Node-REDとは
はじめに
今回IBM i のユーザーに向けたNode-REDの環境構築編ということで紹介をさせていただきます。
IBM i でなにか新しいことが出来ないかと、ネタを探していた時に筆者が過去に受けたwatson研修で、Node-REDというツールを使用したことを思い出し実際に実装してみたことがきっかけです。
IBM i 上のマスターファイルを参照するまでの環境構築編となります。
ほかにも様々な応用の仕方があるため、是非挑戦してみてください。
Node-REDは様々な機能を持ったノードを結び付けてアプリケーションのフローを作成することができます。
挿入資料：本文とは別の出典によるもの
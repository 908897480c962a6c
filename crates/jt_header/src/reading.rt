//! Reading the header of a content, or the first reason against it.

ghost use Rattle.std.specs.Prelude.{◌≡◌, ◌+◌, ◌<◌, ◌≤◌, ◌^◌, ℕ, List, [], ◌∷◌, length, IfOk, IfErr, MatchResult, IsOkAnd, None, Some};
ghost use Rattle.jt_value.specs.declared.limits.TheConstants.{CONTENT_LIMIT};
ghost use Rattle.jt_value.specs.Phone.{digits_of, field_len};
ghost use Rattle.jt_header.specs.Content.{Content};
ghost use Rattle.jt_header.specs.Fields.{attributes_at, edition_in, header_len_in, packet_at, packet_place, phone_place, serial_place, version_at, word_at};
ghost use Rattle.jt_header.specs.Law.{IsContentOfItsFields, IsFirstReason, IsLengthOfContent, IsNeverBoth, IsOneContent, IsOneOrTheOther, IsReadBack};
ghost use Rattle.jt_header.specs.Reason.{Reads, Rejects, bad_packet_number, check_mismatch, encrypted, first_of, length_mismatch, phone_digit, reason, too_short};
ghost use Rattle.jt_header.specs.declared.header.Header.{Header};

use crate::attributes::Attributes;
use crate::header::{Header, Packet};
use jt_escape::check;
use jt_value::{Edition, Phone, Refusal, Why};

// Where the first fields of a header stand.
const ID: usize = 0;

const ATTRIBUTES: usize = 2;

const VERSION: usize = 4;

// Where the other fields stand in an edition.
#[derive(Clone, Copy)]
struct Places {
    phone: usize,
    serial: usize,
    packet: usize,
}

const PLACES_2013: Places = Places {
    phone: 4,
    serial: 10,
    packet: 12,
};

const PLACES_2019: Places = Places {
    phone: 5,
    serial: 15,
    packet: 17,
};

#[inline(always)]
fn places_of(edition: Edition) -> Places
    ensures { result ≡ record {
      phone = phone_place edition;
      serial = serial_place edition;
      packet = packet_place edition;
    } }
{
    match edition {
        Edition::E2013 => PLACES_2013,
        Edition::E2019 => PLACES_2019,
    }
}

// The protocol version, which a header of 2013 has not.
#[inline(always)]
fn version(edition: Edition, content: &[u8]) -> u8
    requires { 5 ≤ length content.now }
    ensures { result ≡ version_at edition content.now }
{
    match edition {
        Edition::E2013 => 0,
        Edition::E2019 => content[VERSION],
    }
}

fn refusal(inside: usize, why: Why) -> Refusal
    requires { inside < 2 ^ 63 }
    ensures { result ≡ record { at = 0; inside = inside; why = why } }
{
    Refusal {
        at: 0,
        inside: inside as u64,
        why,
    }
}

#[inline(always)]
fn word(content: &[u8], place: usize) -> u16
    requires { place + 1 < length content.now }
    ensures { result ≡ word_at place content.now }
{
    u16::from_be_bytes([content[place], content[place + 1]])
}

// The attributes of a content that has room for its header and its check octet.
#[inline(always)]
#[tactic(auto, unfolding(crate::specs::Reason::too_short))]
fn attributes(content: &[u8]) -> Result<Attributes, Refusal>
    requires { length content.now ≤ CONTENT_LIMIT }
    ensures row { Rejects result (too_short content.now) }
    ensures value { IfOk result (λ attributes. attributes.0 ≡ attributes_at content.now) }
    ensures room { IfOk result (λ _.
        header_len_in (attributes_at content.now) < length content.now) }
{
    let len = content.len();
    if len < 5 {
        return Err(refusal(len, Why::TooShort));
    }
    let attributes = Attributes(word(content, ATTRIBUTES));
    if len < attributes.header_len() + 1 {
        return Err(refusal(len, Why::TooShort));
    }
    Ok(attributes)
}

#[inline(always)]
#[tactic(auto, unfolding(crate::specs::Reason::check_mismatch))]
fn check_octet(content: &[u8]) -> Result<(), Refusal>
    requires some { 0 < length content.now }
    requires short { length content.now ≤ CONTENT_LIMIT }
    ensures { Rejects result (check_mismatch content.now) }
{
    let last = content.len() - 1;
    let computed = check(&content[..last]);
    let found = content[last];
    if computed != found {
        return Err(refusal(last, Why::CheckMismatch { computed, found }));
    }
    Ok(())
}

// Whether the attributes are those of a plain message with a body of this length.
#[inline(always)]
#[tactic(auto, unfolding(crate::specs::Reason::encrypted, crate::specs::Reason::length_mismatch))]
fn attributes_hold(attributes: Attributes, actual: u16) -> Result<(), Refusal>
    ensures { Rejects result
        (first_of (encrypted attributes.0 ∷ length_mismatch attributes.0 actual ∷ [])) }
{
    if attributes.is_encrypted() {
        return Err(refusal(ATTRIBUTES, Why::Encrypted));
    }
    let declared = attributes.body_len();
    if declared != actual {
        return Err(refusal(ATTRIBUTES, Why::LengthMismatch { declared, actual }));
    }
    Ok(())
}

#[inline(always)]
#[tactic(auto, unfolding(crate::specs::Reason::phone_digit))]
fn phone(edition: Edition, field: &[u8]) -> Result<Phone, Refusal>
    requires { length field.now ≡ field_len edition }
    ensures row { Rejects result (phone_digit edition field.now) }
    ensures value { IfOk result (λ phone.
        phone ≡ record { edition = edition; digits = digits_of edition field.now }) }
{
    let start = places_of(edition).phone;
    let at_digit = |offset| refusal(start + offset as usize, Why::PhoneDigit);
    Phone::from_octets(edition, field).map_err(at_digit)
}

#[inline(always)]
#[tactic(auto, unfolding(crate::specs::Reason::bad_packet_number, crate::specs::Fields::packet_at))]
fn packet(
    edition: Edition,
    content: &[u8],
    attributes: Attributes,
) -> Result<Option<Packet>, Refusal>
    requires attributes { attributes.0 ≡ attributes_at content.now }
    requires edition { edition ≡ edition_in attributes.0 }
    requires room { header_len_in attributes.0 < length content.now }
    ensures row { Rejects result (bad_packet_number edition (packet_at edition content.now)) }
    ensures value { IfOk result (λ packet. packet ≡ packet_at edition content.now) }
{
    if !attributes.has_packet() {
        return Ok(None);
    }
    let start = places_of(edition).packet;
    let total = word(content, start);
    let number = word(content, start + 2);
    if total == 0 || number == 0 || number > total {
        return Err(refusal(start, Why::BadPacketNumber));
    }
    Ok(Some(Packet { total, number }))
}

// What `read_header` answers, in the terms of the table of reasons.
#[inline(always)]
#[tactic(auto, unfolding(crate::specs::Reason::reason, crate::specs::Fields::header_in))]
fn read(content: &[u8]) -> Result<(Header, &[u8]), Refusal>
    requires { length content.now ≤ CONTENT_LIMIT }
    ensures { MatchResult result (λ x. Reads content.now x.0 x.1.now)
        (λ refusal. reason content.now ≡ Some refusal) }
{
    let attributes = attributes(content)?;
    check_octet(content)?;
    let start = attributes.header_len();
    let end = content.len() - 1;
    attributes_hold(attributes, (end - start) as u16)?;
    let edition = attributes.edition();
    let places = places_of(edition);
    let phone = phone(edition, &content[places.phone..places.serial])?;
    let packet = packet(edition, content, attributes)?;
    let header = Header {
        edition,
        id: word(content, ID),
        bit15: attributes.bit15(),
        version: version(edition, content),
        phone,
        serial: word(content, places.serial),
        packet,
    };
    Ok((header, &content[start..end]))
}

/// The header and the body of a content of at most 1,045 octets (the standard's framing and header), or why the octets are
/// none. The edition is that of attribute bit 14. The reasons, of which the first counts, are this project's own: TooShort,
/// CheckMismatch, Encrypted, LengthMismatch, PhoneDigit, BadPacketNumber. `inside` is the offset in the content, and `at` is
/// 0.
#[inline(always)]
pub fn read_header(content: &[u8]) -> Result<(Header, &[u8]), Refusal>
    requires { length content.now ≤ CONTENT_LIMIT }
    // What is read is what the octets are.
    ensures content { IfOk result (λ x. Content x.0 x.1.now content.now) }
    // Each content is read, as what it is.
    ensures every_content { (h : Header) (body : List ℕ) → Content h body content.now
        → IsOkAnd result (λ x. (x.0 ≡ h) × (x.1.now ≡ body)) }
    // Where header and body stand.
    ensures fields { IfOk result (λ x. Reads content.now x.0 x.1.now) }
    ensures reason { IfErr result (λ refusal. reason content.now ≡ Some refusal) }
{
    read(content)
}

/// The law of contents, with nothing to run: octets are the content of one header and one body, or they have one reason,
/// and never both. The reason is that of the first row of the table that holds.
pub fn law_of_contents()
    ensures one_or_the_other { IsOneOrTheOther }
    ensures never_both { IsNeverBoth }
    ensures one_content { IsOneContent }
    ensures first_reason { IsFirstReason }
    ensures read_back { IsReadBack }
    ensures fields { IsContentOfItsFields }
    ensures len { IsLengthOfContent }
{}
ブラウザ上で編集を行うのですが、各機能の結び付けや配置はドラック&ドロップでできますのでプログラム未経験者でも直感的に触れるのが特徴です。
またオープンソースソフトウェアなので無償でアプリケーションの開発が行える点も嬉しいです。
ほかにも下記のような特徴があります。
・ローコードでアプリケーションを作成できます
・多種多様なノードを結び付けて容易にフローを作成できます
・作成したフローは容易に移行ができます
・Node.js上に構築ができるためOSを自由に選択できます
yumの導入
yumの導入の前にSSH接続が可能な環境になっていることをご確認ください。
※これは必須になります。
SSH接続が分からない場合はこちら:https://www.e-bellnet.com/category/knowledges/doc/member/2305-01.php
SSHでファイル転送をセキュアにしよう(3-3.IBM i 側のSSHサーバー構成と起動/安心パック契約社向け限定コンテンツ)
準備ができたらACSで操作していきます。
ACSのメイン画面("ようこそ"が表示される)を起動し、「管理」の中の「オープン・ソース・パッケージ管理」をクリックします。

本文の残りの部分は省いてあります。